Dairy Development Groups
This can be achieved collaboratively across the chain through the use of dairy development groups, whereby the retailer, producer and dedicated farmers work together to continuously improve and in return are rewarded with a price per litre of milk, calculated on actual production costs plus a premium.
These types of contracts tend to be offered to the farms with the ability to produce milk to the required profile, within a geographic range of the producer, and the willingness to collaborate and learn from other members of the development group. Unfortunately, it is not an option open to all. It could be an option for more, if more retailers chose to operate in this way. These schemes could also be expanded to include other dairy products. Marks and Spencers, Waitrose, Sainsburys, Tesco and the Co-operative all have schemes of this nature though there are some variations.
It is important for retailers to make sure consumers are clear that they are operating such a model so that consumers can build this into the choice they make about where to buy their milk and dairy products.
Value Added Products
Smaller farmers, or those in more geographically remote areas may find it more difficult to be part of a dairy development group. Lack of economies of scale, and increased logistics costs make the cost of production higher. Farmers in this situation need to find a way to increase the value of the milk, so that they can charge a premium to cover their additional costs. This may include the development of value added products such as artisan butter, yogurt or cheese. It could also include taking control of the supply chain and processing, bottling and selling the milk direct to businesses and consumers. The milk used to make our cappuccinos and lattes at the University of Warwick retail outlets comes from such a farm, Farmer Dawsons of Kimbereley Hall Farm, Atherstone. Point of Sale (POS) information in the form of cow shaped blackboards informs customers about the source of the milk. The cartons include Dawson’s Diary an update on what is happening on the farm. This degree of vertical integration requires a much broader set of business skills than those solely needed for milk production. Farmers who are willing to change but lack these skills require support and development to help them develop a new sustainable business model. They may also require capital investment to help purchase the new equipment and facilities.
At the end of the day, the UK dairy industry is currently polarised. There are parts of the industry that have adapted and are surviving, and this has been by taking a more holistic supply chain perspective; collaboratively though dairy development groups or through vertical integration by developing value added products and services.
Rather than being negative about the whole industry, we need to specific. Identify where initiatives are working and learn from them. Where retailers are acting responsibly this should be high lighted so that consumers can make a real choice. Such retailers could consider expanding such schemes to a broader range of dairy products too.

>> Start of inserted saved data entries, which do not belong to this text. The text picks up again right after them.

// Each form once, in a loose spelling behind `> ` and in its canonical one below.

ghost use Rattle.mu_command.specs.Language.{IsCommand};

use mu_command::{Command, LineFault, print, read_line};
use mu_text::Tokens;
use mu_tree::{Bytes, NoMemory, Refusal};
use std::alloc::Global;
use std::test::Fail;

const FORMS: &[u8] = b"\
> theory  a
theory a
>  parent a\tb.c
parent a b.c
> unparent a  b.c
unparent a b.c
> const a c(e,t)->e
const a c(e, t) -> e
> alter  const c{ e }->t
alter const c{e} -> t
> define c(x,y)=((x)and y)
define c(x, y) = x and y
> undefine  c
undefine c
> axiom a r:p;{x:T|p(x)|-q}|-?m [x]
axiom a r : p; {x:T | p(x) |- q} |- ?m[x]
> rule a r:imp(p,q)
rule a r : p => q
> alter  rule r:(p)
alter rule r : p
> proof r.s  m
proof r.s m
> line r m l  in root  before k:forall{x:T .p}
line r m l in root before k : forall{x:T. p}
> box r m b in root:x:T,y:U|p(x),q
box r m b in root : x:T, y:U | p(x), q
> alter line r m l:not(p)
alter line r m l : not p
> alter box r m b:|p
alter box r m b : | p
> move r m l  to b  before k
move r m l to b before k
> cite r m l:rule a.b via f from l,b #2,#1 with ?m[x]:=p;?n:=q
cite r m l : rule a.b via f from l, b#2, #1 with ?m[x] := p; ?n := q
> cite r m l:hyp #3 with p,q from l
cite r m l : hyp #3 with p, q from l
> cite r m l:def c on #1
cite r m l : def c on #1
> cite r m l:same b #2
cite r m l : same b#2
> unjustify r  m l
unjustify r m l
> drop  unit a
drop unit a
> drop const\tc
drop const c
> drop rule  r
drop rule r
> drop proof r.s  m
drop proof r.s m
> drop item r.s m  l
drop item r.s m l
> status  a.b
status a.b
> show  unit base
show unit base
> show rule  a.b
show rule a.b
> show proof a.b  m
show proof a.b m
";

/// Lets a command go. It has many shapes: letting it go here alone keeps the proofs of its readers short.
fn discard(_command: Command) {}

/// The canonical text of a command, which is let go.
fn canonical(alloc: Global, command: Command) -> Result<Bytes, NoMemory>
    requires { IsCommand command }
{
    print(alloc, &command)
}

/// Whether a line reads as the command whose canonical text this is.
fn reads_as(alloc: Global, line: &[u8], text: &[u8]) -> Result<bool, NoMemory> {
    match read_line(alloc, line) {
        Ok(Some(command)) => Ok(canonical(alloc, command)?.items() == text),
        _ => Ok(false),
    }
}

/// Whether a line reads as no command from a place on.
fn stops_at(alloc: Global, line: &[u8], from: usize) -> bool {
    match read_line(alloc, line) {
        Ok(Some(command)) => {
            discard(command);
            false
        }
        Err(LineFault::Refused(Refusal::Syntax(column))) => column as usize > from
            && column as usize - from == 1,
        _ => false,
    }
}

/// Whether a line with another token in place of the one that begins at a place stops there.
fn stops_behind(alloc: Global, line: &[u8], from: usize) -> Result<bool, NoMemory> {
    let Some(front) = line.get(..from) else {
        return Ok(false);
    };
    let mut broken = Vec::from_slice(alloc, front)?;
    broken.push(b'!')?;
    Ok(stops_at(alloc, broken.as_slice(), from))
}

/// Whether the place of each token is told where another one stands in it.
fn stops_everywhere(alloc: Global, line: &[u8]) -> Result<bool, NoMemory> {
    let tokens = Tokens::read(alloc, line)?;
    let mut all = true;
    for token in tokens.items() {
        all = stops_behind(alloc, line, token.from)? && all;
    }
    Ok(all)
}

#[test]
fn reads_each_form_in_any_spelling(rt: HostRuntime) -> Result<(), Fail> {
    let alloc = rt.alloc();
    let mut loose: &[u8] = b"";
    for line in FORMS.split(|byte| *byte == b'\n') {
        match line.strip_prefix(b"> ".as_slice()) {
            Some(spelled) => loose = spelled,
            None if line.is_empty() => {}
            None => {
                assert!(rt; reads_as(alloc, loose, line)?, "{line:?}");
                assert!(rt; stops_everywhere(alloc, line)?, "{line:?}");
            }
        }
    }
    Ok(())
}
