// The most that a store may hold of each sort, and one more.

use super::is_told;
use mu_tree::NoMemory;
use std::alloc::Global;
use std::test::Fail;

/// Whether behind a theory so many commands of these words, a number and an end are carried out, and one more is refused
/// as too many of this word.
fn is_limit(
    alloc: Global,
    most: u32,
    words: &str,
    end: &str,
    count: &str,
) -> Result<bool, NoMemory> {
    let mut input = String::new(alloc);
    let mut replies = String::new(alloc);
    input.push_str("theory t\n")?;
    replies.push_str("ok\n")?;
    for number in 0..most {
        writeln!(input, "{words}{number}{end}")?;
        replies.push_str("ok\n")?;
    }
    writeln!(input, "{words}{most}{end}")?;
    writeln!(replies, "refused too-many {count}")?;
    is_told(alloc, input.as_bytes(), replies.as_bytes())
}

#[test]
fn holds_4096_theories(rt: HostRuntime) -> Result<(), Fail> {
    assert!(rt; is_limit(rt.alloc(), 4_095, "theory t", "", "theories")?);
    Ok(())
}

#[test]
fn holds_65536_constants(rt: HostRuntime) -> Result<(), Fail> {
    assert!(rt; is_limit(rt.alloc(), 65_536, "const t c", " -> e", "constants")?);
    Ok(())
}

#[test]
fn holds_65536_rules(rt: HostRuntime) -> Result<(), Fail> {
    assert!(rt; is_limit(rt.alloc(), 65_536, "rule t r", " : p", "rules")?);
    Ok(())
}

#[test]
fn holds_65536_proofs(rt: HostRuntime) -> Result<(), Fail> {
    assert!(rt; is_limit(rt.alloc(), 65_536, "proof r p", "", "proofs")?);
    Ok(())
}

Farmers who have seized the initiative to develop value-adding products also require on-going support to continue to grow their businesses. The opening of the new Gloucester services has seen a major increase in demand for a range of different local suppliers, including those from across the dairy sector. It has become the single most important customer for a number of those suppliers. Services like this could be rolled out across the country, if the Government were willing to back such an initiative.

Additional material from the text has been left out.